START DATA TO PROCESS

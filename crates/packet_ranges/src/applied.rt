// What a packet came to: its verdict, and how many resources and records are held after it.
ghost use Rattle.std.specs.Prelude.{◌≡◌, ◌≤◌};
ghost use Rattle.packet_ranges.specs.Views.{refused_with, renamed_nothing};

use rules::Refusal;

// A verdict, and the counts of live resources and of records made.
#[derive(Clone, Copy)]
pub struct Applied {
    pub verdict: Result<(), Refusal>,
    pub live: usize,
    pub made: usize,
}

// What a packet came to that may change a resource's lowest name: tokens that had the old one have the new one then. They are equal
// where nothing changes.
#[derive(Clone, Copy)]
pub struct Renamed {
    pub applied: Applied,
    pub old: u32,
    pub new: u32,
}

// Refused by a rule: what was held stays.
pub fn refuse(why: Refusal, live: usize, made: usize) -> Applied
    ensures { result ≡ refused_with why live made }
{
    Applied {
        verdict: Err(why),
        live,
        made,
    }
}

// The same of a packet that might have changed a name.
pub fn refuse_renaming(why: Refusal, live: usize, made: usize) -> Renamed
    ensures { result ≡ renamed_nothing (refused_with why live made) }
{
    Renamed {
        applied: refuse(why, live, made),
        old: 0,
        new: 0,
    }
}
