// Which texture shapes are good, and which pitches.
#![tactic(auto)]

pub mod formats;

ghost use Rattle.std.specs.Prelude.{◌≡◌, ◌<◌, leb};
ghost use Rattle.rules.specs.Shapes.{full_chain, good_shape, good_backed, larger};
ghost use Rattle.texture_shapes.specs.Good.{good_side};

use crate::formats::{larger_of, minimum_pitch, unit_of};
use rules::Shape;
use rules::numbers::{LONGEST_SIDE, MOST_LAYERS};

// Mips of the longest side's full chain.
const LONGEST_CHAIN: u32 = 15;

// Whether the larger side halves often enough for so many mips.
pub fn chain_reaches(width: u32, height: u32, mips: u32) -> bool
    ensures { result ≡ leb mips (full_chain width height) }
{
    if mips <= 1 {
        return true;
    }
    if mips > LONGEST_CHAIN {
        return false;
    }
    (larger_of(width, height) >> (mips - 1)) > 0
}

// Whether a width or a height is within the limits.
pub fn good_side_of(pixels: u32) -> bool
    ensures { result ≡ good_side pixels }
{
    if pixels < 1 {
        return false;
    }
    pixels <= LONGEST_SIDE
}

// Whether a texture may have this shape. A host-backed one asks no more: its pitch is ignored.
pub fn good_shape(s: Shape) -> bool
    ensures { result ≡ good_shape s }
{
    if unit_of(s.format) == 0 {
        return false;
    }
    if !good_side_of(s.width) {
        return false;
    }
    if !good_side_of(s.height) {
        return false;
    }
    if s.mips < 1 {
        return false;
    }
    if !chain_reaches(s.width, s.height, s.mips) {
        return false;
    }
    if s.layers < 1 {
        return false;
    }
    s.layers <= MOST_LAYERS
}

// Whether a texture in guest memory may have this shape and pitch.
pub fn good_backed(s: Shape, pitch: u32) -> bool
    ensures { result ≡ good_backed s pitch }
{
    if !good_shape(s) {
        return false;
    }
    minimum_pitch(s.format, s.width) <= pitch as u64
}
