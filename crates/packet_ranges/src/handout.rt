// A range of a resource, handed to the host as a record: it lies inside its resource, inside its entry, and there is room.
// Dirty ranges and copies share these checks; sums are those of plain numbers and never wrap.
ghost use Rattle.std.specs.Prelude.{◌≡◌, ◌+◌, ◌≤◌, ltb};
ghost use Rattle.rules.specs.Numbers.{most};
ghost use Rattle.rules.specs.Table.{matching};
ghost use Rattle.rules.specs.Packets.{hand_out};
ghost use Rattle.kept_entries.specs.Views.{entries_of};
ghost use Rattle.packet_ranges.specs.Handout.{HandsOut, resolved_of};

use crate::applied::{Applied, refuse};
use kept_entries::{Entries, entry_row, find_entry};
use kept_records::{Records, push_record};
use rules::numbers::MOST_ROWS;
use rules::{Record, Refusal, Resource};
use widths::beyond;

// Whether a range of a resource ends beyond so many bytes of an entry, where the resource starts at an offset.
fn beyond_entry(offset: u64, from: u64, size: u64, bytes: u64) -> bool
    ensures { result ≡ ltb bytes (offset + (from + size)) }
{
    if size > bytes {
        return true;
    }
    beyond(offset, from, bytes - size)
}

// Holds a range of a backed resource against the entry that this table has for it: the backing offset is added. Gives the entry's flags, and
// the range as a record; or the rule that is broken, where the table has no such entry or the range ends beyond it.
pub fn resolve(
    entries: &Entries,
    kept: usize,
    kind: u32,
    r: Resource,
    from: u64,
    size: u64,
) -> Result<(u32, Record), Refusal>
    requires { kept ≤ most }
    ensures { result ≡ resolved_of kind r from size (matching r.backing (entries_of kept entries.now)) }
{
    let Some(i) = find_entry(entries, kept, r.backing) else {
        return Err(Refusal::NotInTable);
    };
    let e = entry_row(entries, i);
    let offset = r.offset as u64;
    if beyond_entry(offset, from, size, e.size) {
        return Err(Refusal::PastEntry);
    }
    let range = Record {
        kind,
        handle: r.handle,
        id: r.backing,
        gpa: e.gpa + (offset + from),
        length: size,
    };
    Ok((e.flags, range))
}

// Hands a range to the host, if it has bytes: one record more, for which there must be room.
pub fn hand_out(records: &mut Records, made: usize, live: usize, c: Record) -> Applied
    requires { (live ≤ most) × (made ≤ most) }
    ensures { HandsOut (hand_out c) live made records.old result records.new }
{
    if c.length == 0 {
        return Applied {
            verdict: Ok(()),
            live,
            made,
        };
    }
    if made >= MOST_ROWS {
        return refuse(Refusal::TooMany, live, made);
    }
    push_record(records, made, c);
    Applied {
        verdict: Ok(()),
        live,
        made: made + 1,
    }
}
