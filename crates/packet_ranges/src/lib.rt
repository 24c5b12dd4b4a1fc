// What every packet stands on: what an applied packet leaves, and a range judged against the one entry that has its id and
// handed out.
#![tactic(auto)]

pub mod applied;
pub mod handout;
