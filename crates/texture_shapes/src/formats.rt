// What a texture's format decides: blocks, the sides of a mip, and the bytes of a row.
ghost use Rattle.std.specs.Prelude.{◌≡◌, ◌<◌, ◌^◌};
ghost use Rattle.rules.specs.Shapes.{block_bytes, mip_side, blocks, larger, tight};
ghost use Rattle.texture_shapes.specs.Formats.{minimum};

use rules::Shape;

// The bytes of a pixel or of a block, 0 where the format is none of ours.
pub fn unit_of(format: u32) -> u32
    ensures { result ≡ block_bytes format }
{
    match format {
        1 | 2 | 3 => 4,
        64 => 8,
        65 | 66 => 16,
        _ => 0,
    }
}

// The blocks that a side of so many pixels takes; a pixel format's block is a pixel.
pub fn blocks_of(format: u32, pixels: u64) -> u64
    requires { pixels < 2 ^ 32 }
    ensures { result ≡ blocks format pixels }
{
    match format {
        64 | 65 | 66 => (pixels + 3) / 4,
        _ => pixels,
    }
}

// The larger of two numbers.
pub fn larger_of(a: u32, b: u32) -> u32
    ensures { result ≡ larger a b }
{
    if a < b { b } else { a }
}

// A side of a mip: halved for each mip below it, and never 0.
pub fn side_at(pixels: u32, mip: u32) -> u64
    requires { mip < 32 }
    ensures { result ≡ mip_side pixels mip }
{
    larger_of(1, pixels >> mip) as u64
}

// The bytes of a row of a mip that has no padding.
pub fn tight_row(s: Shape, mip: u32) -> u64
    requires { mip < 32 }
    ensures { result ≡ tight s mip }
{
    blocks_of(s.format, side_at(s.width, mip)) * (unit_of(s.format) as u64)
}

// The least pitch of a backed texture, 0 for an unknown format.
pub fn minimum_pitch(format: u32, width: u32) -> u64
    ensures { result ≡ minimum format width }
{
    let s = Shape {
        format,
        width,
        height: 1,
        mips: 1,
        layers: 1,
    };
    tight_row(s, 0)
}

END DATA TO PROCESS

**EXERCISE**
Of all the lines in the data, count those that contain "usize" and give that figure with nothing else.

**TASK OUTPUT**
6